Example Integration:

import chokidar from "chokidar";
import fs from "fs";
import { parseStringPromise } from "xml2js";
import prisma from "../config/prisma.js";

// Directory to watch:
const WATCH_DIR = "/srv/sftp/sftpuser/uploads"; // or wherever your upload dir is

function initFileWatcher() {
  const watcher = chokidar.watch(WATCH_DIR, {
    persistent: true,
    ignoreInitial: true, // ignore existing files at startup
    awaitWriteFinish: {
      stabilityThreshold: 2000, // amount of time (in ms) to confirm no more writes
      pollInterval: 100, // how often to poll file size changes
    },
  });

  watcher.on("add", async (filePath) => {
    // eslint-disable-next-line no-console
    console.log("New file detected:", filePath);
    try {
      // 1. Read file from disk
      const xmlContent = fs.readFileSync(filePath, "utf8");

      // 2. Parse XML
      const jsonData = await parseStringPromise(xmlContent);

      // 3. Insert into DB
      await prisma.biuContent.create({
        data: { body: JSON.stringify(jsonData) },
      });

      // eslint-disable-next-line no-console
      console.log("Processed file:", filePath);
    } catch (err) {
      // eslint-disable-next-line no-console
      console.error("Error processing file:", filePath, err);
    } finally {
      // 4. Delete file from disk (if desired)
      // eslint-disable-next-line no-console
      console.error("Deleted file:", filePath);
      fs.unlinkSync(filePath);
    }
  });

  watcher.on("error", (error) => {
    // eslint-disable-next-line no-console
    console.error("Watcher error:", error);
  });

  // eslint-disable-next-line no-console
  console.log(`Watcher initialized. Now monitoring: ${WATCH_DIR}`);
}

export default initFileWatcher;
  • Directly integrated within the existing Node.js app
  • Maintains consistency and centralizes schema logic

⚠️ The Devil is in the Details

Some gotchas to watch out for.

  • Important: Do NOT add the Node.js user (ubuntu) to the SFTP chroot group (sftpgroup)—this breaks SSH login (been there, done that 😅)!
  • Always explicitly set ACL permissions to avoid permission conflicts.
  • Regularly verify ACL settings with getfacl.
  • Use ssh -vvv username@host and ftp -vvv username@host (verbose mode flags) to debug any potential permission issues.
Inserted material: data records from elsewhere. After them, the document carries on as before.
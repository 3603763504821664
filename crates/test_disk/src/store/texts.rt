//! What the reference implementation writes for a script, compared with what a node writes.

use crate::memory::disk_with;
use crate::store::headers::message_in;
use crate::store::openings;
use crate::store::scripts::{Line, Script, report_text};
use crate::store::words::{Reported, bad, put, reported_bad};
use diskmodel::MemDisk;
use header::{Event, Node};
use journal::{Journal, Record};
use ref_script::{Command, text};
use sigface::HashSign;
use std::alloc::{AllocError, Global};
use wire::Author;

/// The first byte of a record that holds an event.
const EVENT: u8 = 1;

/// Adds what the reference implementation writes for a script, and whether a node writes the same.
pub fn write_to(script: &Script, node: &Node<HashSign>, answer: &mut String) -> Reported {
    let mut written = Vec::new(script.alloc);
    match script.run(script.disk()?, &mut written)? {
        Some(Ok(_)) => report_text_of(script, node, &written, answer),
        _ => reported_bad(answer),
    }
}

/// Adds what the reference implementation writes for a script on two disks, whether a node writes the same, and what an opening reads from
/// both disks after that.
pub fn report_pair(script: &Script, node: &Node<HashSign>, answer: &mut String) -> Reported {
    let alloc = script.alloc;
    let mut written = Vec::new(alloc);
    match script.run_on_two(script.disk()?, disk_with(alloc, &[])?, &mut written)? {
        Some(Ok((first, second))) => {
            report_text_of(script, node, &written, answer)?;
            openings::report_pair(alloc, script.config, first, second, answer);
            Ok(())
        }
        _ => reported_bad(answer),
    }
}

fn report_text_of(
    script: &Script,
    node: &Node<HashSign>,
    written: &[u8],
    answer: &mut String,
) -> Reported {
    match text_of(script, node)? {
        Some(text) => report_beside(&text, written, answer),
        None => bad(answer),
    }
    Ok(())
}

fn report_beside(text: &[u8], written: &[u8], answer: &mut String) {
    let is_same = text == written;
    put(
        answer,
        if is_same {
            "the same text"
        } else {
            "another text"
        },
    );
    report_text(text, answer);
    put(answer, "\n");
}

/// What the reference implementation writes for a script that follows the events in the script's file, if all of that can be read.
fn text_of(script: &Script, node: &Node<HashSign>) -> Result<Option<Vec<u8>>, AllocError> {
    let alloc = script.alloc;
    let Some(history) = history_of(alloc, script.disk()?)? else {
        return Ok(None);
    };
    let lines = script.spaced_lines()?;
    let Some(commands) = commands_of(alloc, &lines)? else {
        return Ok(None);
    };
    Ok(Some(text(alloc, node, history, commands)?))
}

/// The events in the journal on a disk, which begins with a configuration.
fn history_of(alloc: Global, disk: MemDisk) -> Result<Option<Vec<Event>>, AllocError> {
    match Journal::open(alloc, disk) {
        Ok((_, records)) => events_of(alloc, &records),
        Err(_) => Ok(None),
    }
}

/// The events in these records, without the first one, which is the configuration.
fn events_of(alloc: Global, records: &[Record]) -> Result<Option<Vec<Event>>, AllocError> {
    let mut history = Vec::new(alloc);
    for record in records.iter().skip(1) {
        match event_in(alloc, record.bytes.as_slice())? {
            Some(event) => history.push(event)?,
            None => return Ok(None),
        }
    }
    Ok(Some(history))
}

/// The event in a record, if the record holds one.
fn event_in(alloc: Global, record: &[u8]) -> Result<Option<Event>, AllocError> {
    match record {
        [EVENT, high, low, message @ ..] => {
            let sender = Author(u16::from_be_bytes([*high, *low]));
            event_of(alloc, sender, message)
        }
        _ => Ok(None),
    }
}

/// The reference implementation's commands for these lines.
fn commands_of(alloc: Global, lines: &[&Line]) -> Result<Option<Vec<Command>>, AllocError> {
    let mut commands = Vec::new(alloc);
    for line in lines {
        match command_of(alloc, line)? {
            Some(command) => commands.push(command)?,
            None => return Ok(None),
        }
    }
    Ok(Some(commands))
}

fn command_of(alloc: Global, line: &Line) -> Result<Option<Command>, AllocError> {
    match line {
        Line::Event { sender, message } => match event_of(alloc, *sender, message)? {
            Some(event) => Ok(Some(Command::Event(event))),
            None => Ok(None),
        },
        Line::Flush => Ok(Some(Command::Flush)),
        Line::Checkpoint => Ok(Some(Command::Checkpoint)),
        Line::Stop => Ok(Some(Command::Stop)),
    }
}

/// A message with its sender, if the bytes are a message.
fn event_of(alloc: Global, sender: Author, bytes: &[u8]) -> Result<Option<Event>, AllocError> {
    match message_in(alloc, bytes)? {
        Some(message) => Ok(Some(Event { sender, message })),
        None => Ok(None),
    }
}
📚 Resources on my reading list as a follow up.


🎉 Conclusion

By combining all these basic tools, we managed to quickly build a MVP solution within a couple of hours. We also made the system robust and secure to our best knowledge by carefully managing the access of the FTP user. I am open to hearing any flaw or issues with the system, so any advise are much appreciated!